• Task goal:
Supply the number of lines in the data below that hold "envoy", and let that number be the whole answer.

• Information provided:
▬▬▬▬▬▬▬▬▬▬

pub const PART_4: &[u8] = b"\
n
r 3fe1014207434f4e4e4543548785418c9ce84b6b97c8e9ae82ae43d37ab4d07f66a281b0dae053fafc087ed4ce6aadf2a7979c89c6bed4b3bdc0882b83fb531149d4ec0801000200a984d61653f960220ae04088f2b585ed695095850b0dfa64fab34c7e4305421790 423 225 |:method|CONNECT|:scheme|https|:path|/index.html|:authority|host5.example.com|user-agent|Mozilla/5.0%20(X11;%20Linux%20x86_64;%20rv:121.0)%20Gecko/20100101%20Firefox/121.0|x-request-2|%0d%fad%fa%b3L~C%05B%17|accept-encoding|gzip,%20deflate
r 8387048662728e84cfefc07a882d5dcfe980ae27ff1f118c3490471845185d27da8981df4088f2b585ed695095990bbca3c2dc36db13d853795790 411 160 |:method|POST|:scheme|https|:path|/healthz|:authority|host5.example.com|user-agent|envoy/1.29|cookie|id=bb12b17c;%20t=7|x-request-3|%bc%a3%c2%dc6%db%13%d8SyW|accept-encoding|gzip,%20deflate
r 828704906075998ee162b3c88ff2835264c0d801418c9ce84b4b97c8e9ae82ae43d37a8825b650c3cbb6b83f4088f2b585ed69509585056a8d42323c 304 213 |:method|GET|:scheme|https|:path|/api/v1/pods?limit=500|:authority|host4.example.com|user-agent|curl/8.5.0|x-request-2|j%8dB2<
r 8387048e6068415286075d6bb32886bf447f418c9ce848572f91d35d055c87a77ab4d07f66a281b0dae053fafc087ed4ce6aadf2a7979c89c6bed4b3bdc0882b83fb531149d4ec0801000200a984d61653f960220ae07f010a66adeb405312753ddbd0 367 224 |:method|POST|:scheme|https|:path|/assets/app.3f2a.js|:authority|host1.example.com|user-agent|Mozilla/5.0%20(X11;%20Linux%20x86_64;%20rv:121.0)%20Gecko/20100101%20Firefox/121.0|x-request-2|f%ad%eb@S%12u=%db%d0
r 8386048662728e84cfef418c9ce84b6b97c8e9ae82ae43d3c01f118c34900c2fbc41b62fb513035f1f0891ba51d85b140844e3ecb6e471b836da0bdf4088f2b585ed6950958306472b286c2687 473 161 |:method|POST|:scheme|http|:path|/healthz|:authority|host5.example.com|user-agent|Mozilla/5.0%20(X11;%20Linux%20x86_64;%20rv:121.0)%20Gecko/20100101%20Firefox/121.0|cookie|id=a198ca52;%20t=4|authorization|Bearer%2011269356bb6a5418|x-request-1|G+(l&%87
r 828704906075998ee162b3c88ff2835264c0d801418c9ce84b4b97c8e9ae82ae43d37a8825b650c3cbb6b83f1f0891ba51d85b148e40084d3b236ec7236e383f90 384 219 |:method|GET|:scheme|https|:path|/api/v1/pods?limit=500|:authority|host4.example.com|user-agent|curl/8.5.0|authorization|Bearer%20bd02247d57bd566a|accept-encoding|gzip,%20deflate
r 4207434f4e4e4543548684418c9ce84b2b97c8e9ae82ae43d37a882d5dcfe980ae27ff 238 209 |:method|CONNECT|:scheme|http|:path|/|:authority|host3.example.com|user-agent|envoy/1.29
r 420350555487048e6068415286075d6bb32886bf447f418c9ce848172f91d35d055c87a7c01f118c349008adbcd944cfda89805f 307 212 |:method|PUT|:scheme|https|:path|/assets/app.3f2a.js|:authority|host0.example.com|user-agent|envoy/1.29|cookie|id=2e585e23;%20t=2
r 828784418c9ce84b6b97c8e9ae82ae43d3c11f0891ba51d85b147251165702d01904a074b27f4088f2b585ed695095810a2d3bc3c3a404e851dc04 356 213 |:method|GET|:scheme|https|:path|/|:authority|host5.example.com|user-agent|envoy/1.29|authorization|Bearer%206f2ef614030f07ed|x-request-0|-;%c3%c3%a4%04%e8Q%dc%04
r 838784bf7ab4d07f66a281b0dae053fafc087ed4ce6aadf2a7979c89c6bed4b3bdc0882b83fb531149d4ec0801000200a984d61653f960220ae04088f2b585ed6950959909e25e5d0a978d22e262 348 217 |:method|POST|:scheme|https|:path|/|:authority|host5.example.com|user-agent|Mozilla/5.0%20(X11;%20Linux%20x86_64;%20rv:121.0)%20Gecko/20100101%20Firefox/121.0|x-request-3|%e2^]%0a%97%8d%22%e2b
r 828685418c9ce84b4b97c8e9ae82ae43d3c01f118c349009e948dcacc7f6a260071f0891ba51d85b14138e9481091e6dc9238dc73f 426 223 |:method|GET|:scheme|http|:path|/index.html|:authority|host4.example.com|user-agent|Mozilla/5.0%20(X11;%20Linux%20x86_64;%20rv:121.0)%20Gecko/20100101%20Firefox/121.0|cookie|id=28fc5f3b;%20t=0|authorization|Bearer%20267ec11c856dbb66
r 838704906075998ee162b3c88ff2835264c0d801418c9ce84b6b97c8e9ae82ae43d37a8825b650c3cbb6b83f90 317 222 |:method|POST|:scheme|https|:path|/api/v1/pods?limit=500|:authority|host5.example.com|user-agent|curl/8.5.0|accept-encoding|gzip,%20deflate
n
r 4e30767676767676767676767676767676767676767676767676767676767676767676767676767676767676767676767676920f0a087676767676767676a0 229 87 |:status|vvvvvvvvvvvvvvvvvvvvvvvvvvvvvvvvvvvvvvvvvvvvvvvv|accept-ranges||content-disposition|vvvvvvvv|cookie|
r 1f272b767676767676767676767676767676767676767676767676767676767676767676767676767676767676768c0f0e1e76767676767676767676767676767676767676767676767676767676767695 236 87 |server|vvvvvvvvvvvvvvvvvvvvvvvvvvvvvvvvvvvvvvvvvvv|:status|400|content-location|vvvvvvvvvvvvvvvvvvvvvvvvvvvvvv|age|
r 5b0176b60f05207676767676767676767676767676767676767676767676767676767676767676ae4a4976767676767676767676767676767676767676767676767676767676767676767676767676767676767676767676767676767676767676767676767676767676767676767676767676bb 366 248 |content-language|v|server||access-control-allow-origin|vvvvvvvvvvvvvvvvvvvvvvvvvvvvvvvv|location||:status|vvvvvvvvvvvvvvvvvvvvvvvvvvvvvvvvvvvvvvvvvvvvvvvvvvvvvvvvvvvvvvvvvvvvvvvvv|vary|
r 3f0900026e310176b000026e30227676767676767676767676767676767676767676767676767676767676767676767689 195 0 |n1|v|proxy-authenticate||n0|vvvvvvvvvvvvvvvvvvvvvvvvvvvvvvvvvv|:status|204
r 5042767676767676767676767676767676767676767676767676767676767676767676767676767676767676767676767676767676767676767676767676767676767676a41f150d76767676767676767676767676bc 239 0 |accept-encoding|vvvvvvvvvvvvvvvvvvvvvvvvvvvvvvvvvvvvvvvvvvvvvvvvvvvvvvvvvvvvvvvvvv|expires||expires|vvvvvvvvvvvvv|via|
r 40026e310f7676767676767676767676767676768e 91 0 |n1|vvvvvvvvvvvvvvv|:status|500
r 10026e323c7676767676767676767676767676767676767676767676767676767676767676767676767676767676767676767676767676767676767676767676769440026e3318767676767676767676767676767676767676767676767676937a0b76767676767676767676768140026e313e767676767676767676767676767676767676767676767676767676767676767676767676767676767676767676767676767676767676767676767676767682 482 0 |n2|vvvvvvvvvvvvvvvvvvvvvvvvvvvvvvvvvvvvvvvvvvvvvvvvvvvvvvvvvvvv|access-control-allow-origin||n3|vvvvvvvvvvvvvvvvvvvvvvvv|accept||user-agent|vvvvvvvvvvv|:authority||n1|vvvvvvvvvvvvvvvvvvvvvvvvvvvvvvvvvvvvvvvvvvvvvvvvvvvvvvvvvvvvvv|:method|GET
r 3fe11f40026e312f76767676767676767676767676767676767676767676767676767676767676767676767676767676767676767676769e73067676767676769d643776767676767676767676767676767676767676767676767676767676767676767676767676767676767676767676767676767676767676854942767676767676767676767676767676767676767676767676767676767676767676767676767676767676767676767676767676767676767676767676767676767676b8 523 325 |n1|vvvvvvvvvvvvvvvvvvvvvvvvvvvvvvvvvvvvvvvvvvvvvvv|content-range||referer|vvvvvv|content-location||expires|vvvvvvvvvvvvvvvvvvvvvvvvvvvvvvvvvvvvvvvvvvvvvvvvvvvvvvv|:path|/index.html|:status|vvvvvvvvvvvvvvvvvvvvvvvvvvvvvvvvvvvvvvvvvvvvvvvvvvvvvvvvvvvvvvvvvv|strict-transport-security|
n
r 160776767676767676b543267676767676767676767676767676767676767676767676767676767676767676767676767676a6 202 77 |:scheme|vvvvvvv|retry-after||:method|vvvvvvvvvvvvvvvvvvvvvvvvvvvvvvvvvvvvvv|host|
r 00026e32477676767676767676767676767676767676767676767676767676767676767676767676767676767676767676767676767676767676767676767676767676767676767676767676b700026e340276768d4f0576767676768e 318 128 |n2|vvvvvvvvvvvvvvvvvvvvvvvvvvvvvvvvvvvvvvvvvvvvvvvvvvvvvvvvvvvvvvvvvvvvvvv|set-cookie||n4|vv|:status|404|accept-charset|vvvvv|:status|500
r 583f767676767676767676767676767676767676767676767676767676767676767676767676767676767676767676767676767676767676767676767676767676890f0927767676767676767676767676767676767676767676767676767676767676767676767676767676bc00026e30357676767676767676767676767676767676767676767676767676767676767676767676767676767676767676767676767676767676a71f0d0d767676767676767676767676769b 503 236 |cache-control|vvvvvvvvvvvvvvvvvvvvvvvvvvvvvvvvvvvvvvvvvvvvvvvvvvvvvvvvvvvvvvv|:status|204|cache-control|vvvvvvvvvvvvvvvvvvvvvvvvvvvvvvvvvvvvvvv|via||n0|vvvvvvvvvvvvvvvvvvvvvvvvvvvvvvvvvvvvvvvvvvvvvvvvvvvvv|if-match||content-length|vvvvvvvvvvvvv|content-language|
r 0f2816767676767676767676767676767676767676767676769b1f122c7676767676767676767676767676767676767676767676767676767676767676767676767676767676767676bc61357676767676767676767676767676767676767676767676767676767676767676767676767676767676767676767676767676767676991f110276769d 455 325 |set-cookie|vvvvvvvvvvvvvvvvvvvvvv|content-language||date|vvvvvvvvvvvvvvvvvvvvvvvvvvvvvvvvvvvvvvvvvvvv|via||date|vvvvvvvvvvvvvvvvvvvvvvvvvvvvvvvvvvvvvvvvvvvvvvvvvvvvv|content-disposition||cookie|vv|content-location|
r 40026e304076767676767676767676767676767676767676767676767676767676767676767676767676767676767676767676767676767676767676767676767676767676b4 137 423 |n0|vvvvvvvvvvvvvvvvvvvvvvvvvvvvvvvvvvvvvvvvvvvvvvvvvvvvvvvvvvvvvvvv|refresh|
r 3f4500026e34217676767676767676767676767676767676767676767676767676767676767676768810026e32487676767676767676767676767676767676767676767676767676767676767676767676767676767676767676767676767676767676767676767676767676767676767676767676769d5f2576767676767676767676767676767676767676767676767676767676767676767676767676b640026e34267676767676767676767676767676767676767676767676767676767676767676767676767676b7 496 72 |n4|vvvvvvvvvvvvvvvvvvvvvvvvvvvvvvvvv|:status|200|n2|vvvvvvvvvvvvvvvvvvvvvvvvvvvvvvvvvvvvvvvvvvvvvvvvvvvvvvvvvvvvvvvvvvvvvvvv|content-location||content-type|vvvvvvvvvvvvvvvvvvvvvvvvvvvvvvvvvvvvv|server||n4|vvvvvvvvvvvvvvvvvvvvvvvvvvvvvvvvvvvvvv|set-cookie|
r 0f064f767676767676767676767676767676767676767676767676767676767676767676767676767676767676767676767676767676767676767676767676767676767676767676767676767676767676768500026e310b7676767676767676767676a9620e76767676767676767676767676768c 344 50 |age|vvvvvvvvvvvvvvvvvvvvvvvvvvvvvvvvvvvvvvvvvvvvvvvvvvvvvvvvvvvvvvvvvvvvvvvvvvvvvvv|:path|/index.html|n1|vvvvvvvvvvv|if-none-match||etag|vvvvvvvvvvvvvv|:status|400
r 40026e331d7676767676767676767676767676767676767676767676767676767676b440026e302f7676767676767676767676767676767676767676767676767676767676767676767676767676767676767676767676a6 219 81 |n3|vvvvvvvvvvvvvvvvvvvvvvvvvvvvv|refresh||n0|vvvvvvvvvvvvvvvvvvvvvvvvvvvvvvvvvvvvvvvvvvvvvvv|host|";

▬▬▬▬▬▬▬▬▬▬

• Solved exercise:
4